In the first getting started guide, we covered a “hello world” Quarks application where we read from a device’s simulated temperature sensor. Yet Quarks supports more operations than simple filtering. Data analysis and streaming require a suite of functionality, the most important components of which will be outlined below.

TStream.map()

TStream.map() is arguably the most used method in the Quarks API. Its two main purposes are to perform stateful or stateless operations on a stream’s tuples, and to produce a TStream with tuples of a different type from that of the calling stream.

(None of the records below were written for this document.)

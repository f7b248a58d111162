//! The abstract value of an element, as sets ordered by inclusion.

ghost use Rattle.std.specs.Prelude.{◌≡◌, IsTrue, true, false};
ghost use Rattle.verify_logic.specs.States.{Entails};

use crate::intervals::{hull, lies_in, nothing};
use verify_logic::{AbsValue, Interval};

/// A value in the interval.
pub fn initialised(interval: Interval) -> AbsValue
    ensures { result ≡ record { initialised = true; interval = interval } }
{
    AbsValue {
        initialised: true,
        interval,
    }
}

/// No value.
pub fn uninitialised() -> AbsValue
    ensures { result.initialised ≡ false }
{
    AbsValue {
        initialised: false,
        interval: nothing(),
    }
}

/// The abstract value of an element that has one of these two.
pub fn either(a: AbsValue, b: AbsValue) -> AbsValue
    ensures first { Entails a result }
    ensures second { Entails b result }
{
    let initialised = a.initialised && b.initialised;
    let interval = hull(a.interval, b.interval);
    AbsValue {
        initialised,
        interval,
    }
}

/// Tests whether the first value implies the second.
pub fn entails(a: AbsValue, b: AbsValue) -> bool
    ensures { IsTrue result → Entails a b }
{
    let within = lies_in(a.interval, b.interval);
    within && (a.initialised || !b.initialised)
}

Changing a TStream’s Tuple Type

In addition to filtering tuples, TStreams support operations that transform tuples from one Java type to another by invoking the TStream.map() method.

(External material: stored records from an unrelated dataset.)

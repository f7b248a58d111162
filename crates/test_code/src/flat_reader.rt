//! Reads flat programs, a line each for their parts.

use crate::flat_names::{
    conversion_of, location_of, operand_of, operation_of, target_of, test_of, width_of,
};
use crate::types::{next_letter, next_place};
use frames_code::{FlatProgram, Function, Instruction, Operand, Target};
use std::alloc::Global;
use test_rows::{Answer, Fields, Words, bytes};

/// The program of a row's lines, from the sixth field on.
pub fn flat_program(row: &Fields, answer: &mut Answer) -> FlatProgram {
    let alloc = answer.alloc();
    let mut program = FlatProgram {
        functions: Vec::new(alloc),
        statics: Vec::new(alloc),
        main: usize::try_from(row.number(5)).unwrap_or(0),
    };
    for at in 6..row.count() {
        let mut words = Words::new(row.field(at), b' ');
        if !take_line(alloc, &mut program, &mut words) {
            answer.fail();
        }
    }
    program
}

fn take_line(alloc: Global, program: &mut FlatProgram, words: &mut Words<'_>) -> bool {
    match next_letter(words) {
        b'd' => push_statics(alloc, &mut program.statics, words),
        b'f' => program.functions.push(next_function(alloc, words)).is_ok(),
        b'*' => {
            let times = next_place(words);
            let kind = next_letter(words);
            push_instructions(&mut program.functions, next_instruction(kind, words), times)
        }
        kind => push_instructions(&mut program.functions, next_instruction(kind, words), 1),
    }
}

/// `d BYTES TIMES`.
fn push_statics(alloc: Global, statics: &mut Vec<u8>, words: &mut Words<'_>) -> bool {
    let some = bytes(alloc, words.word());
    for _ in 0..words.number() {
        if statics.extend_from_slice(some.as_slice()).is_err() {
            return false;
        }
    }
    true
}

/// `f CELLS RESIDENT AREA OUTGOING`.
fn next_function(alloc: Global, words: &mut Words<'_>) -> Function {
    Function {
        code: Vec::new(alloc),
        cells: next_place(words),
        resident: next_place(words),
        area: next_place(words),
        outgoing: next_place(words),
        gives: true,
    }
}

/// Adds an instruction to the last function, a number of times.
fn push_instructions(
    functions: &mut Vec<Function>,
    instruction: Instruction,
    times: usize,
) -> bool {
    let Some(function) = functions.last_mut() else {
        return false;
    };
    for _ in 0..times {
        if function.code.extend_from_slice(&[instruction]).is_err() {
            return false;
        }
    }
    true
}

fn next_operand(words: &mut Words<'_>) -> Operand {
    operand_of(words.word())
}

fn next_target(words: &mut Words<'_>) -> Target {
    target_of(words.word())
}

fn next_instruction(kind: u8, words: &mut Words<'_>) -> Instruction {
    match kind {
        b'p' => Instruction::PutByte,
        b'g' => Instruction::GetByte,
        b'x' => Instruction::Exit,
        b'r' => Instruction::Return,
        b'j' => Instruction::Jump(next_place(words)),
        b'c' => Instruction::Call(next_place(words)),
        b'b' => Instruction::Branch {
            test: test_of(next_place(words)),
            left: next_operand(words),
            right: next_operand(words),
            to: next_place(words),
        },
        b'm' | b'v' | b'o' => computation(kind, words),
        b'l' | b's' | b'a' | b'e' => access(kind, words),
        _ => Instruction::Nothing,
    }
}

fn access(kind: u8, words: &mut Words<'_>) -> Instruction {
    match kind {
        b'l' => Instruction::Load {
            width: width_of(next_place(words)),
            target: next_target(words),
            from: location_of(words.word()),
        },
        b's' => Instruction::Store {
            width: width_of(next_place(words)),
            source: next_operand(words),
            to: location_of(words.word()),
        },
        b'a' => Instruction::Address {
            target: next_target(words),
            of: location_of(words.word()),
        },
        _ => Instruction::Element {
            target: next_target(words),
            array: next_operand(words),
            index: next_operand(words),
            size: next_place(words),
        },
    }
}

fn computation(kind: u8, words: &mut Words<'_>) -> Instruction {
    match kind {
        b'm' => Instruction::Move {
            target: next_target(words),
            source: next_operand(words),
        },
        b'v' => Instruction::Convert {
            conversion: conversion_of(next_place(words)),
            target: next_target(words),
            source: next_operand(words),
        },
        _ => Instruction::Compute {
            operation: operation_of(next_place(words)),
            target: next_target(words),
            left: next_operand(words),
            right: next_operand(words),
        },
    }
}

This is useful in cases such as calculating the floating point average of a list of Integers, or tokenizing a Java String into a list of Strings. To demonstrate this, let’s say we have a TStream which contains a few lines, each of which contains multiple words:

    TStream<String> lines = topology.strings(
            "this is a line",
            "this is another line",
            "there are three lines now",
            "and now four"
        );

We then want to print the third word in each line. The best way to do this is to convert each line to a list of Strings by tokenizing them. We can do this in one line of code with the TStream.map() method:

    TStream<List<String> > wordsInLine = lines.map(tuple -> Arrays.asList(tuple.split(" ")));

Since each tuple is now a list of strings, the wordsInLine stream is of type List. As you can see, the map() method has the ability to change the type of the TStream. Finally, we can use the *wordsInLine* stream to print the third word in each line.

    wordsInLine.sink(list -> System.out.println(list.get(2)));

As mentioned in the getting started guide, a TStream can be parameterized to any serializable Java type, including ones created by the user.

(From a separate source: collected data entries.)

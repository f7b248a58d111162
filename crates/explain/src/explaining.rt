//! The faults of a program, explained.

ghost use Rattle.std.specs.Prelude.{◌≡◌, IfNone, IfOk, IfSome};
ghost use Rattle.cc.specs.Refused.{IsRefused};
ghost use Rattle.explain.specs.Accepted.{IsAccepted, IsPassed, is_met};
ghost use Rattle.explain.specs.declared.explaining.Stage.TheVariants.{Whole};

use cc::{StackSize, compile_with};
use explain_findings::{
    Answer, Asking, Compiler, Finding, Includes, Place, Sources, notes, place_of, show_place,
    spots_to_pass,
};
use explain_places::blank;
use srcset::{Code, Fault, FileSet};
use std::alloc::{AllocError, Global};

/// The maximum number of faults reported where no other number is requested.
pub const USUAL_FAULTS: usize = 20;

/// How far a program is checked.
#[derive(Clone, Copy, Debug, PartialEq, Eq)]
pub enum Stage {
    /// Up to preprocessing: translation phases 1 to 4.
    Preprocessing,
    /// As a whole.
    Whole,
}

/// The faults of a program.
#[derive(Drop)]
pub struct Explained {
    /// The fault that the compiler reports.
    pub first: Finding,
    /// The faults that the compiler would report next without the statements, or the function bodies, of those before; in the order of the source.
    pub further: Vec<Finding>,
}

/// Why the program in the file `main` of the set is refused; `None` where it is not, at this stage. `names` are those of
/// the files of the set, `stack` is the size of its stack, and `most` is the maximum number of reported faults. An error: out of memory.
pub fn explain(
    alloc: Global,
    set: &FileSet,
    names: &[&str],
    main: &str,
    stage: Stage,
    stack: StackSize,
    most: usize,
) -> Result<Option<Explained>, AllocError>
    ensures refused { IfOk result (λ told. IfSome told (λ explained. IsRefused stack set.now main.now explained.first.fault)) }
    ensures accepted { stage ≡ Whole → IfOk result (λ told. IfNone told (IsAccepted stack set.now main.now)) }
    ensures passed { IfOk result (λ told. IfNone told (IsPassed stage stack set.now main.now)) }
{
    let fault = match compile_with(alloc, set, main, stack) {
        Ok(_) => return Ok(None),
        Err(fault) => fault,
    };
    if !is_met(stage, fault.code) {
        return Ok(None);
    }
    if fault.code == Code::OutOfMemory.number() {
        return Err(AllocError);
    }
    let sources = Sources::of(alloc, set, names)?;
    let includes = Includes::of(alloc, &sources, sources.number(main).unwrap_or(0))?;
    let mut looking = Looking {
        set,
        sources,
        includes,
        main,
        compiler: ForStack { stack },
    };
    let first = looking.told(alloc, fault)?;
    let further = looking.further(alloc, stage, most, &first)?;
    Ok(Some(Explained { first, further }))
}

/// The compiler, for a size of the stack.
#[derive(Drop)]
struct ForStack {
    stack: StackSize,
}

impl Compiler for ForStack {
    fn fault_of(
        &self,
        alloc: Global,
        set: &FileSet,
        main: &str,
    ) -> Result<Option<Fault>, AllocError> {
        match compile_with(alloc, set, main, self.stack) {
            Ok(_) => Ok(None),
            Err(fault) => if fault.code == Code::OutOfMemory.number() {
                Err(AllocError)
            } else {
                Ok(Some(fault))
            },
        }
    }
}

/// Whether a fault of this code is met so far.
fn is_met(stage: Stage, code: u16) -> bool
    ensures { result ≡ is_met stage code }
{
    match stage {
        Stage::Whole => true,
        Stage::Preprocessing => matches!(code, 101..=235 | 701..=708 | 801..=907),
    }
}

/// A program whose faults are looked for.
#[derive(Drop)]
struct Looking<'a> {
    set: &'a FileSet,
    /// Its sources, in which the skipped parts are blank.
    sources: Sources,
    includes: Includes,
    main: &'a str,
    compiler: ForStack,
}

impl<'a> Looking<'a> {
    fn asking(&self) -> Asking<'_, ForStack> {
        Asking {
            sources: &self.sources,
            main: self.main,
            compiler: &self.compiler,
        }
    }

    /// A fault with its explanation. The set has the texts as they were given.
    fn told(&self, alloc: Global, fault: Fault) -> Result<Finding, AllocError>
        ensures { IfOk result (λ found. found.fault ≡ fault) }
    {
        let asking = self.asking();
        let place = place_of(alloc, &asking, &fault)?;
        let noted = notes(alloc, &asking, &self.includes, place, &fault)?;
        let shown = show_place(
            alloc,
            self.set,
            fault.file.as_str(),
            fault.line,
            place,
            noted,
        )?;
        Ok(Finding { fault, shown })
    }

    /// The next faults: each time the statement or the function body that contains the last one is skipped.
    fn further(
        &mut self,
        alloc: Global,
        stage: Stage,
        most: usize,
        first: &Finding,
    ) -> Result<Vec<Finding>, AllocError> {
        let mut found = Vec::new(alloc);
        let mut place = first.shown.place;
        let mut code = first.fault.code;
        for _ in 1..most {
            let Some(at) = place else {
                break;
            };
            if !pass_over(alloc, &mut self.sources, at, code)? {
                break;
            }
            let Some(fault) = self.next_fault(alloc, stage)? else {
                break;
            };
            let finding = self.told(alloc, fault)?;
            place = finding.shown.place;
            code = finding.fault.code;
            put_sorted(&mut found, finding)?;
        }
        Ok(found)
    }

    fn next_fault(&self, alloc: Global, stage: Stage) -> Result<Option<Fault>, AllocError> {
        let none = self.sources.files.len();
        match self.asking().answer_with(alloc, none, b"")? {
            Answer::Refused(fault) if is_met(stage, fault.code) => Ok(Some(fault)),
            _ => Ok(None),
        }
    }
}

/// Puts a finding after those that precede it in the sources.
fn put_sorted(found: &mut Vec<Finding>, finding: Finding) -> Result<(), AllocError> {
    let at = match found.iter().position(|other| is_behind(other, &finding)) {
        Some(at) => at,
        None => found.len(),
    };
    found.insert(at, finding)?;
    Ok(())
}

/// Whether a finding follows another in the sources; one without a place follows all.
fn is_behind(one: &Finding, other: &Finding) -> bool {
    match (one.shown.place, other.shown.place) {
        (Some(one), Some(other)) => {
            one.file > other.file || one.file == other.file && one.start > other.start
        }
        (None, Some(_)) => true,
        (Some(_), None) => false,
        (None, None) => false,
    }
}

/// Makes the statement around a place empty, or else the function body; returns whether there is one.
fn pass_over(
    alloc: Global,
    sources: &mut Sources,
    place: Place,
    code: u16,
) -> Result<bool, AllocError> {
    let spots = spots_to_pass(alloc, sources.text(place.file), place.start, code)?;
    if spots.is_empty() {
        return Ok(false);
    }
    match sources.text_mut(place.file) {
        Some(text) => blank(text.as_mut_slice(), spots.as_slice()),
        None => return Ok(false),
    }
    Ok(true)
}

Performing Stateful Operations

In all previous examples, the operations performed on a TStream have been stateless; keeping track of information over multiple invocations of the same operation has not been necessary. What if we want to keep track of the number of Strings sent over a stream? To do this, we need our TStream.map() method to contain a counter as state.

This can be achieved by creating an anonymous Function class, and giving it the required fields.

	TStream<String> streamOfStrings = ...;
    TStream<Integer> counts = streamOfStrings.map(new Function<String, Integer>(){
            int count = 0;
            @Override
            public Integer apply(String arg0) {
                count = count + 1;
                return count;
            }
        });

The count field will now contain the number of Strings which were sent over streamOfStrings. Although this is a simple example, the anonymous Function passed to TStream.map() can contain any kind of state! This could be a HashMap<K, T>, a running list of tuples, or any serializable Java type. The state will be maintained throughout the entire runtime of your application.